Wir Mapuche-Frauen in der Stadt sind anders als die Frauen, die in Gemeinschaften aufgewachsen sind, die ihre Weltanschauung, ihre Spiritualität, ihre Bräuche und Sprache aufrechterhalten konnten. Wir in der Stadt haben einen anderen Prozess erlebt, wir haben studiert, wir haben den Feminismus kennengelernt. Aber wir wollen uns auch nicht einschließen in einen Feminismus, der nicht weiter als an das Ende des Patriarchats denkt. Sondern wir wollen auf verschiedene Formen von Unterdrückung reagieren, die wir als indigene Körper erleben. Und das sind ganz andere Probleme als die, die andere Frauen auf der Welt haben.

Welche sind die Formen der Unterdrückung, von denen Sie sprechen?

Da ist zunächst das Wirtschaftssystem, das gierig und maßlos mit den indigenen Völkern umgeht. Es ist ein räuberisches und extraktivistisches System, das die Natur zerstört und die Orte, die für unser Volk eine spirituelle Bedeutung haben. Aber es gibt noch weitere Arten von kolonialer Gewalt, die unsere Körper erleben. Da ist die jahrelange Diskriminierung, der kulturelle und politische Genozid. Wir wurden nie als Volk anerkannt. Bis heute hat keine Regierung etwas daran geändert. Da ist etwas, das sich über Jahre zieht und nicht endet, ein ungleicher Krieg.
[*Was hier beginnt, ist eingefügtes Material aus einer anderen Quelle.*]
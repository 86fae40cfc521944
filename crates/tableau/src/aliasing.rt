//! The terms of a branch, and its aliasing (overlapping) memories and vectors.

pub mod groups;
mod joins;
pub mod terms;
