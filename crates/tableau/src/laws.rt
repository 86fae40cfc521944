//! A law of branches over a pool that is extended.

ghost use Rattle.std.specs.Prelude.{◌≡◌, List};
ghost use Rattle.term_pool.specs.Pools.{Extends};
ghost use Rattle.term_pool.specs.declared.node.Node.{Node};
ghost use Rattle.tableau.specs.PoolBranches.{BranchData, branch_in, IsOver};

/// A branch over a pool is one over each pool that extends it, with the same formulas.
pub fn branch_stays()
    ensures over { (ns ms : List Node) (d : BranchData) → Extends ns ms → IsOver ns d → IsOver ms d }
    ensures says { (ns ms : List Node) (d : BranchData) → Extends ns ms → IsOver ns d → branch_in ms d ≡ branch_in ns d }
{}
Denn wir haben nicht die gleichen Mittel wie der Staat, die Militärkräfte und die Unternehmen.

Und die Frauen, die sich mit diesen Strukturen konfrontiert sehen, bleiben oft alleine in den Gemeinschaften zurück, weil ihre Männer verschleppt oder verhaftet werden aufgrund des Anti-Terror-Gesetzes. Die Frauen erleben außerdem Gewalt aufgrund ihres Geschlechts innerhalb unserer Kultur. Die koloniale Gewalt wurde innerhalb der indigenen Kulturen weitervererbt. Die indigene Frau erlebt also eine Vielfalt von Gewalt und Unterdrückung.
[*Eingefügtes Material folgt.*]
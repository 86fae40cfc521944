//! The least generations of the terms of a branch.

ghost use Rattle.std.specs.Prelude.{◌≡◌, ℕ, ◌<◌, ◌≤◌, ◌++◌, Some, length, slice_get, OnOk};
ghost use Rattle.term_pool.specs.Pools.{IsMade};
ghost use Rattle.term_pool.specs.declared.node.Node.{Node};
ghost use Rattle.tableau.specs.Logs.{value_in};
ghost use Rattle.tableau.specs.Marks.{outer_parts, is_at_most, IsTurn, IsClosed, IsMarked};

use crate::log::Log;
use base::memory::NoMemory;
use std::alloc::Global;
use term_pool::node::{Node, Three, Two};
use term_pool::pool::Pool;

// Decides whether there is a value that is at most this.
fn is_at_most(value: Option<usize>, most: usize) -> bool
    ensures { result ≡ is_at_most value most }
{
    match value {
        Some(value) => value <= most,
        None => false,
    }
}

// Adds the outer parts of a node at the end of the waiting numbers.
fn wait_for_parts(waiting: &mut Vec<usize>, node: Node) -> Result<(), NoMemory>
    ensures { OnOk result (waiting.new.items ≡ waiting.old.items ++ outer_parts node) }
{
    match node {
        Node::Leaf(_) | Node::Two(Two::Quantify(_, _) | Two::ConsTrigger, _, _) => {}
        Node::One(_, a) | Node::Two(Two::Pack | Two::Field(_) | Two::Is, _, a) => {
            waiting.push(a)?;
        }
        Node::Two(_, a, b) | Node::Three(Three::SetField(_), _, a, b) => {
            waiting.push(a)?;
            waiting.push(b)?;
        }
        Node::Three(_, a, b, c) => {
            waiting.push(a)?;
            waiting.push(b)?;
            waiting.push(c)?;
        }
    }
    Ok(())
}

// Gives a number the value if it has none that is at most as great; its outer parts are then waiting.
fn take_turn(
    pool: &Pool,
    log: &mut Log,
    waiting: &mut Vec<usize>,
    number: usize,
    value: usize,
) -> Result<(), NoMemory>
    requires { number < length pool.now }
    ensures { OnOk result (IsTurn pool.now value number log.old waiting.old.items log.new waiting.new.items) }
{
    if is_at_most(log.value(number), value) {
        return Ok(());
    }
    if let Some(node) = pool.node(number) {
        log.write(pool.len(), number, value)?;
        wait_for_parts(waiting, node)?;
    }
    Ok(())
}

/// Gives the value to each number below the top one outside quantifiers that has none at most as great.
pub(crate) fn mark(
    alloc: Global,
    pool: &Pool,
    log: &mut Log,
    top: usize,
    value: usize,
) -> Result<(), NoMemory>
    requires within { top < length pool.now }
    requires closed { IsClosed pool.now log.old }
    ensures { OnOk result (IsMarked pool.now top value log.old log.new) }
{
    let mut waiting = Vec::new(alloc);
    waiting.push(top)?;
    while let Some(number) = waiting.pop() {
        take_turn(pool, log, &mut waiting, number, value)?;
    }
    Ok(())
}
Würden Sie also sagen, dass das Patriarchat sich mit der Kolonialisierung etabliert hat oder war die Mapuche-Kultur schon vorher patriarchalisch?

Ich würde sagen, dass es sich verstärkt hat. Ich glaube nicht, dass es vorher ein Patriarchat auf dem Niveau gab, wie wir es nach der Kolonialisierung erlebt haben. Denn da steckt eine Ideologie dahinter. Die Kolonialherren kamen hier an mit einer christlichen Ideologie, die die Frauen in eine untergeordnete Position stellte. Zu dieser Zeit fanden in Europa Hexenverfolgungen statt und mit dieser Denkweise kamen die Eroberer nach Lateinamerika. Sie sahen die Frau als dem Mann untergeordnet an. Diese Ungleichheit der Geschlechter etablierte sich in einer Kultur, die ebenfalls bereits patriarchale Strukturen hatte. Und so wurde es immer stärker bis zu dem Punkt, an dem wir uns heute befinden.

Wie kamen Sie zur Poesie?

Zu schreiben ist eines der wichtigsten Dinge in meinem Leben. Es ist, was ich bin, was mich hier in der Welt positioniert. Seit ich das Schreiben gelernt habe, habe ich nicht aufgehört, es zu tun. Ich denke, dass es sehr wichtig für uns ist, zu schreiben, damit wir unsere Geschichten erzählen können, die woanders nicht erzählt werden. Die Poesie ist für mich antikapitalistisch. Nur wenige Menschen können die Poesie verkaufen. Es ist zwar nichts Massives, aber es ist eine schöne Geste, um gegen den Strom zu schwimmen. Es erfüllt mich.

Interview und Foto: Sophia Boddenberg.